:: Material for the task ::
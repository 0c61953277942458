//! All accepted writes, by origin, and what is true of them.
ghost use Rattle.std.specs.Prelude.{◌≡◌, ℕ, ◌<◌, List, [], ◌∷◌, ◌++◌, All, length, map, slice_get, Some, OnOk, OnErr, IfOk};
ghost use Rattle.std.specs.Option.{option_map};
ghost use Rattle.tact_base.specs.Images.{image_of, ops_of};
ghost use Rattle.tact_base.specs.Setup.{Setup};
ghost use Rattle.tact_base.specs.Sums.{net_sum};
ghost use Rattle.tact_base.specs.WriteOrder.{in_order};
ghost use Rattle.run_model.specs.Histories.{part_of};
ghost use Rattle.run_model.specs.OwnWrites.{accepted_by};
ghost use Rattle.run_model.specs.Reference.{reference};
ghost use Rattle.run_model.specs.Runs.{IsRun};
ghost use Rattle.run_model.specs.declared.entry.Entry.{Entry};
ghost use Rattle.replica_core.specs.Stands.{Stands};
ghost use Rattle.reference_book.specs.Books.{IsNextIn, IsBookOf, HaveRisingMoments, IsLeast, with_accepted, writes_in, unseen_in, moments_of, reference_image, errors_of};

use crate::Errors;
use conit_weights::Running;
use replica_core::Replica;
use rollback_apply::Image;
use run_model::Config;
use std::alloc::Global;
use std::marker::Model;
use std::slice;
use tact_base::{NoMemory, RoomyList, Write, WriteList};

// For so many writes of an origin memory is taken at first, if it can be had.
const LOG_ROOM: usize = 1_024;

/// All writes that the replicas of a setup accepted, by origin, with the sums of their weights, which are kept as
/// writes come. Contracts see on how many conits the writes may weigh, and the writes by origin; `IsBookOf` says of
/// which history they are.
#[derive(Drop)]
pub struct Book {
    alloc: Global,
    logs: Vec<WriteList>,
    sums: Running,
}

impl Model for Book {
    ghost use Rattle.conit_weights.specs.Running.{conits_of};
    ghost use Rattle.reference_book.specs.Books.{BookState, KeepsBook};

    ghost Value = { BookState };

    ghost view = { λ b. record { conits = conits_of b.sums; logs = b.logs.items } };

    ghost invariant = { λ b. KeepsBook (view b) b.sums };
}

impl Book {
    /// The book of a setup in which nothing was accepted. It keeps its writes in memory of `alloc`.
    pub fn new(alloc: Global, config: &Config) -> Result<Book, NoMemory>
        ensures { IfOk result (IsBookOf config.now []) }
    {
        let mut logs = Vec::with_capacity(alloc, config.replicas() as usize)?;
        for _ in 0..config.replicas() {
            logs.push(WriteList::ample(alloc, LOG_ROOM))?;
        }
        let sums = Running::new(alloc, config.conits())?;
        Ok(Book { alloc, logs, sums })
    }

    /// Takes in the next write of its origin, which has fewer than 20,000. Of each history that ends with this write
    /// it is then the book. `NoMemory` leaves it as it was.
    pub fn accept(&mut self, write: &Write) -> Result<(), NoMemory>
        requires { IsNextIn self.old write.now }
        ensures ok { OnOk result (self.new ≡ with_accepted self.old write.now) }
        ensures of_history { OnOk result ((setup : Setup) (history : List Entry) (entry : Entry)
            → IsBookOf setup history self.old
            → accepted_by entry.replica entry.moment entry.act ≡ Some write.now
            → IsBookOf setup (history ++ entry ∷ []) self.new) }
        ensures err { OnErr result (self.new ≡ self.old) }
    {
        let log = &mut self.logs[write.origin as usize];
        log.append(slice::from_ref(write))?;
        self.sums.add(&write.weights);
        Ok(())
    }

    /// The true value of a conit: the sum of the nweights that all writes have on it. Takes no memory.
    pub fn value(&self, conit: u32) -> i64
        requires { conit < self.now.conits }
        ensures value { result ≡ net_sum (writes_in self.now) conit }
        ensures of_history { (setup : Setup) (history : List Entry) → IsBookOf setup history self.now
            → result ≡ reference setup history conit }
    {
        self.sums.net(conit)
    }

    /// The true value of a key: the fold of the operations of all writes in the order of stamps, origins and indices,
    /// 0 where no write gave it one. It is folded anew, in memory that is given back.
    pub fn image_value(&self, key: u64) -> Result<i64, NoMemory>
        ensures value { IfOk result (λ value. value ≡ image_of (ops_of (in_order (writes_in self.now))) key) }
        ensures of_history { IfOk result (λ value. (setup : Setup) (history : List Entry) → IsBookOf setup history self.now
            → value ≡ reference_image setup history key) }
    {
        let writes = self.ordered()?;
        let mut image = Image::new(self.alloc);
        let all = writes.items();
        image.reserve(all.len() as u64)?;
        image.insert_all(0, all, all);
        image.catch_up();
        Ok(image.get(key))
    }

    /// How far a replica is from the truth on a conit, at a moment. It costs no more for a longer history. Takes no
    /// memory.
    pub fn errors(&self, view: &Replica, moment: u64, conit: u32) -> Errors
        requires conits { view.now.core.setup.conits ≡ self.now.conits }
        requires replicas { view.now.core.setup.replicas ≡ length self.now.logs }
        requires conit { conit < self.now.conits }
        ensures { (history : List Entry) → let core = view.now.core in
            IsRun core.setup history → IsBookOf core.setup history self.now → Stands (part_of history core.replica) core
            → result ≡ errors_of core.setup history core.replica moment conit }
    {
        let oldest = self.oldest_unseen(view);
        Errors {
            num: self.value(conit).abs_diff(view.value(conit)),
            order: view.tentative_weight(conit),
            age: oldest.map_or(0, |oldest| moment.saturating_sub(oldest)),
        }
    }

    // The least moment of the writes that a replica hasn't seen, if there is one: moments of one origin rise.
    fn oldest_unseen(&self, view: &Replica) -> Option<u64>
        requires { view.now.core.setup.replicas ≡ length self.now.logs }
        ensures { All HaveRisingMoments self.now.logs → IsLeast (moments_of (unseen_in self.now view.now.core)) result }
    {
        let mut oldest = None;
        for (origin, log) in self.logs.iter().enumerate() {
            let first = moment_at(log, view.have(origin as u32));
            oldest = lesser(oldest, first);
        }
        oldest
    }

    // All writes, in order.
    fn ordered(&self) -> Result<RoomyList<Write>, NoMemory>
        ensures { IfOk result (λ writes. writes.items ≡ in_order (writes_in self.now)) }
    {
        let mut writes = RoomyList::new(self.alloc);
        for log in &self.logs {
            writes.reserve(log.len() as u64)?;
            writes.append(log.items());
        }
        writes
            .items_mut()
            .sort_unstable_by_key(|write| write.place());
        Ok(writes)
    }
}

// The moment of the write at a place, if there is one.
fn moment_at(log: &WriteList, place: u64) -> Option<u64>
    ensures { result ≡ option_map (λ write. write.moment) (slice_get log.now place) }
{
    let write = log.items().get(place as usize)?;
    Some(write.moment)
}

// The lesser of two numbers, of which each may be missing.
fn lesser(one: Option<u64>, other: Option<u64>) -> Option<u64>
    ensures { (xs ys : List ℕ) → IsLeast xs one → IsLeast ys other → IsLeast (xs ++ ys) result }
{
    match (one, other) {
        (Some(one), Some(other)) => Some(one.min(other)),
        (None, least) | (least, None) => least,
    }
}
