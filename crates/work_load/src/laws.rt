//! Laws of what a plan asks.
ghost use Rattle.std.specs.Prelude.{ℕ, List, [], ◌∷◌, ◌++◌};
ghost use Rattle.run_model.specs.declared.entry.Entry.{Entry};
ghost use Rattle.work_load.specs.Attempts.{AreCallsFor, Attempts, Begun, asked};
ghost use Rattle.work_load.specs.declared.plan.Item.{Item};

/// Who has done all its items has done one more by the calls of that one, and who has done all has begun.
pub fn items_are_done_one_by_one()
    ensures none { (tries : ℕ) → Attempts tries [] [] }
    ensures more { (tries : ℕ) (items : List Item) (item : Item) (calls tried : List Entry)
        → Attempts tries items calls → AreCallsFor tries (asked calls item) tried
        → Attempts tries (items ++ item ∷ []) (calls ++ tried) }
    ensures begun { (tries : ℕ) (items : List Item) (calls : List Entry) → Attempts tries items calls → Begun tries items calls }
{}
:::
What the task asks: In the data above, which lines include "asked"? Return those lines.

Output of the exercise:
ghost use Rattle.work_load.specs.Attempts.{AreCallsFor, Attempts, Begun, asked};
        → Attempts tries items calls → AreCallsFor tries (asked calls item) tried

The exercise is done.